-- Opening Marker --

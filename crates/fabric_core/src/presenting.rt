//! Presentations to processors.

ghost use Rattle.std.specs.Prelude.{◌≡◌, ◌<◌, ◌∷◌, ℕ, Bool, List, length};
ghost use Rattle.xv_model.specs.declared.entries.Entry.{Entry};
ghost use Rattle.xv_model.specs.declared.operations.Op.TheVariants.{Take};
ghost use Rattle.xv_model.specs.declared.outcomes.Outcome.TheVariants.{Present};
ghost use Rattle.xv_model.specs.account.Start.{Start};
ghost use Rattle.xv_model.specs.route.Taking.{presented_to};
ghost use Rattle.fabric_core.specs.Processors.{StandsFor};

use crate::processors::Processors;
use xv_model::outcomes::Presented;

impl Processors {
    /// Presents a priority to a processor: what becomes of it. Where a connected processor isn't on a thread, a
    /// message with b (`backlog`) is kept in its backlog, and any other is lost.
    pub fn present(&mut self, v: u32, priority: u8, backlog: bool) -> Presented
        requires processor { v < length self.old.vps.vps }
        requires priority { priority < 8 }
        ensures presented { (z : Start) (h : List Entry) → StandsFor self.old z h → result ≡ presented_to z h backlog v }
        ensures stands { (z : Start) (h : List Entry) (actor i : ℕ) (escalates : Bool) → StandsFor self.old z h
            → StandsFor self.new z (record { actor = actor; op = Take i; outcome = Present v priority result escalates } ∷ h) }
        ensures processors { length self.new.vps.vps ≡ length self.old.vps.vps }
        ensures threads { length self.new.rings ≡ length self.old.rings }
    {
        presenter::present(&mut self.vps, &mut self.rings, v, priority, backlog)
    }
}
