//! The processors of a board and the rings of its threads.

ghost use Rattle.std.specs.Prelude.{◌≡◌, ◌<◌, ◌≤◌, ◌↔◌, ◌∷◌, ℕ, [], pos, List, length, IfOk};
ghost use Rattle.xv_model.specs.declared.entries.Entry.{Entry};
ghost use Rattle.xv_model.specs.declared.operations.Op.TheVariants.{Connect};
ghost use Rattle.xv_model.specs.declared.outcomes.Outcome.TheVariants.{Code};
ghost use Rattle.xv_model.specs.board.Boards.{IsBoard};
ghost use Rattle.xv_model.specs.account.Outcomes.{IsWellFormed};
ghost use Rattle.xv_model.specs.account.Start.{Start, start};
ghost use Rattle.xv_model.specs.processor.Moves.{connect_outcome};
ghost use Rattle.fabric_core.specs.Processors.{StandsFor, vp_of, ring_shown};

use nvt_backlog::{Vp, Vps};
use std::alloc::Global;
use std::marker::Model;
use thread_context::{Ring, Rings};
use xv_base::NoMemory;
use xv_model::board::Board;
use xv_model::outcomes::Outcome;

/// The processors of a board, and the rings of its threads. A call that changes them answers as the operation
/// does, and they then represent the account with that entry.
#[derive(Drop)]
pub struct Processors {
    pub(crate) vps: Vps,
    pub(crate) rings: Rings,
}

impl Model for Processors {
    ghost use Rattle.presenter.specs.Contexts.{AreFit};
    ghost use Rattle.fabric_core.specs.Processors.{Parts};

    ghost Value = { Parts };

    ghost view = { λ p. record {
      vps = p.vps;
      rings = p.rings;
    } };

    ghost invariant = { λ p. AreFit p.vps.vps p.rings };
}

impl Processors {
    /// The processors of a board on which nothing has happened. May return `NoMemory`; no clause says when. No
    /// other call takes memory.
    pub fn build(alloc: Global, board: &Board) -> Result<Processors, NoMemory>
        requires board { IsBoard board.now }
        ensures processors { IfOk result (λ p. length p.vps.vps ≡ board.now.limits.processors) }
        ensures threads { IfOk result (λ p. length p.rings ≡ board.now.limits.threads) }
        ensures stands { IfOk result (λ p. StandsFor p (start board.now) []) }
    {
        Ok(Processors {
            vps: Vps::build(alloc, board)?,
            rings: Rings::build(alloc, board)?,
        })
    }

    /// The processors without the rings.
    pub fn vps(&self) -> &Vps
        ensures { result.now ≡ self.now.vps }
    {
        &self.vps
    }

    /// What is kept of a processor beside the rings.
    pub fn processor(&self, v: u32) -> Vp
        requires { v < length self.now.vps.vps }
        ensures { (z : Start) (h : List Entry) → StandsFor self.now z h → result ≡ vp_of z h v }
    {
        self.vps.get(v)
    }

    /// The ring of a thread.
    pub fn ring(&self, t: u32) -> Ring
        requires { t < length self.now.rings }
        ensures { (z : Start) (h : List Entry) → StandsFor self.now z h → result ≡ ring_shown z h t }
    {
        self.rings.get(t)
    }

    /// Connects a processor. The code is 0 exactly where its number is below that of servers; else nothing changes.
    pub fn connect(&mut self, v: u32) -> Outcome
        requires { v < length self.old.vps.vps }
        ensures outcome { (z : Start) (h : List Entry) → StandsFor self.old z h → result ≡ connect_outcome z h v }
        ensures stands { (z : Start) (h : List Entry) (actor : ℕ) → StandsFor self.old z h
            → StandsFor self.new z (record { actor = actor; op = Connect v; outcome = result } ∷ h) }
        ensures accepted { (result ≡ Code (pos 0)) ↔ (v < self.old.vps.servers) }
        ensures refused { self.old.vps.servers ≤ v → self.new ≡ self.old }
        ensures well_formed { IsWellFormed result }
        ensures processors { length self.new.vps.vps ≡ length self.old.vps.vps }
        ensures threads { length self.new.rings ≡ length self.old.rings }
    {
        Outcome::Code {
            code: self.vps.connect(v),
        }
    }
}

-- Closing Marker --

[Work order]
The material is to be output in full, exactly as it stands.

[Task result]
filename crates/fabric_core/src/presenting.rt
//! Presentations to processors.

ghost use Rattle.std.specs.Prelude.{◌≡◌, ◌<◌, ◌∷◌, ℕ, Bool, List, length};
ghost use Rattle.xv_model.specs.declared.entries.Entry.{Entry};
ghost use Rattle.xv_model.specs.declared.operations.Op.TheVariants.{Take};
ghost use Rattle.xv_model.specs.declared.outcomes.Outcome.TheVariants.{Present};
ghost use Rattle.xv_model.specs.account.Start.{Start};
ghost use Rattle.xv_model.specs.route.Taking.{presented_to};
ghost use Rattle.fabric_core.specs.Processors.{StandsFor};

use crate::processors::Processors;
use xv_model::outcomes::Presented;

impl Processors {
    /// Presents a priority to a processor: what becomes of it. Where a connected processor isn't on a thread, a
    /// message with b (`backlog`) is kept in its backlog, and any other is lost.
    pub fn present(&mut self, v: u32, priority: u8, backlog: bool) -> Presented
        requires processor { v < length self.old.vps.vps }
        requires priority { priority < 8 }
        ensures presented { (z : Start) (h : List Entry) → StandsFor self.old z h → result ≡ presented_to z h backlog v }
        ensures stands { (z : Start) (h : List Entry) (actor i : ℕ) (escalates : Bool) → StandsFor self.old z h
            → StandsFor self.new z (record { actor = actor; op = Take i; outcome = Present v priority result escalates } ∷ h) }
        ensures processors { length self.new.vps.vps ≡ length self.old.vps.vps }
        ensures threads { length self.new.rings ≡ length self.old.rings }
    {
        presenter::present(&mut self.vps, &mut self.rings, v, priority, backlog)
    }
}
//! The processors of a board and the rings of its threads.

ghost use Rattle.std.specs.Prelude.{◌≡◌, ◌<◌, ◌≤◌, ◌↔◌, ◌∷◌, ℕ, [], pos, List, length, IfOk};
ghost use Rattle.xv_model.specs.declared.entries.Entry.{Entry};
ghost use Rattle.xv_model.specs.declared.operations.Op.TheVariants.{Connect};
ghost use Rattle.xv_model.specs.declared.outcomes.Outcome.TheVariants.{Code};
ghost use Rattle.xv_model.specs.board.Boards.{IsBoard};
ghost use Rattle.xv_model.specs.account.Outcomes.{IsWellFormed};
ghost use Rattle.xv_model.specs.account.Start.{Start, start};
ghost use Rattle.xv_model.specs.processor.Moves.{connect_outcome};
ghost use Rattle.fabric_core.specs.Processors.{StandsFor, vp_of, ring_shown};

use nvt_backlog::{Vp, Vps};
use std::alloc::Global;
use std::marker::Model;
use thread_context::{Ring, Rings};
use xv_base::NoMemory;
use xv_model::board::Board;
use xv_model::outcomes::Outcome;

/// The processors of a board, and the rings of its threads. A call that changes them answers as the operation
/// does, and they then represent the account with that entry.
#[derive(Drop)]
pub struct Processors {
    pub(crate) vps: Vps,
    pub(crate) rings: Rings,
}

impl Model for Processors {
    ghost use Rattle.presenter.specs.Contexts.{AreFit};
    ghost use Rattle.fabric_core.specs.Processors.{Parts};

    ghost Value = { Parts };

    ghost view = { λ p. record {
      vps = p.vps;
      rings = p.rings;
    } };

    ghost invariant = { λ p. AreFit p.vps.vps p.rings };
}

impl Processors {
    /// The processors of a board on which nothing has happened. May return `NoMemory`; no clause says when. No
    /// other call takes memory.
    pub fn build(alloc: Global, board: &Board) -> Result<Processors, NoMemory>
        requires board { IsBoard board.now }
        ensures processors { IfOk result (λ p. length p.vps.vps ≡ board.now.limits.processors) }
        ensures threads { IfOk result (λ p. length p.rings ≡ board.now.limits.threads) }
        ensures stands { IfOk result (λ p. StandsFor p (start board.now) []) }
    {
        Ok(Processors {
            vps: Vps::build(alloc, board)?,
            rings: Rings::build(alloc, board)?,
        })
    }

    /// The processors without the rings.
    pub fn vps(&self) -> &Vps
        ensures { result.now ≡ self.now.vps }
    {
        &self.vps
    }

    /// What is kept of a processor beside the rings.
    pub fn processor(&self, v: u32) -> Vp
        requires { v < length self.now.vps.vps }
        ensures { (z : Start) (h : List Entry) → StandsFor self.now z h → result ≡ vp_of z h v }
    {
        self.vps.get(v)
    }

    /// The ring of a thread.
    pub fn ring(&self, t: u32) -> Ring
        requires { t < length self.now.rings }
        ensures { (z : Start) (h : List Entry) → StandsFor self.now z h → result ≡ ring_shown z h t }
    {
        self.rings.get(t)
    }

    /// Connects a processor. The code is 0 exactly where its number is below that of servers; else nothing changes.
    pub fn connect(&mut self, v: u32) -> Outcome
        requires { v < length self.old.vps.vps }
        ensures outcome { (z : Start) (h : List Entry) → StandsFor self.old z h → result ≡ connect_outcome z h v }
        ensures stands { (z : Start) (h : List Entry) (actor : ℕ) → StandsFor self.old z h
            → StandsFor self.new z (record { actor = actor; op = Connect v; outcome = result } ∷ h) }
        ensures accepted { (result ≡ Code (pos 0)) ↔ (v < self.old.vps.servers) }
        ensures refused { self.old.vps.servers ≤ v → self.new ≡ self.old }
        ensures well_formed { IsWellFormed result }
        ensures processors { length self.new.vps.vps ≡ length self.old.vps.vps }
        ensures threads { length self.new.rings ≡ length self.old.rings }
    {
        Outcome::Code {
            code: self.vps.connect(v),
        }
    }
}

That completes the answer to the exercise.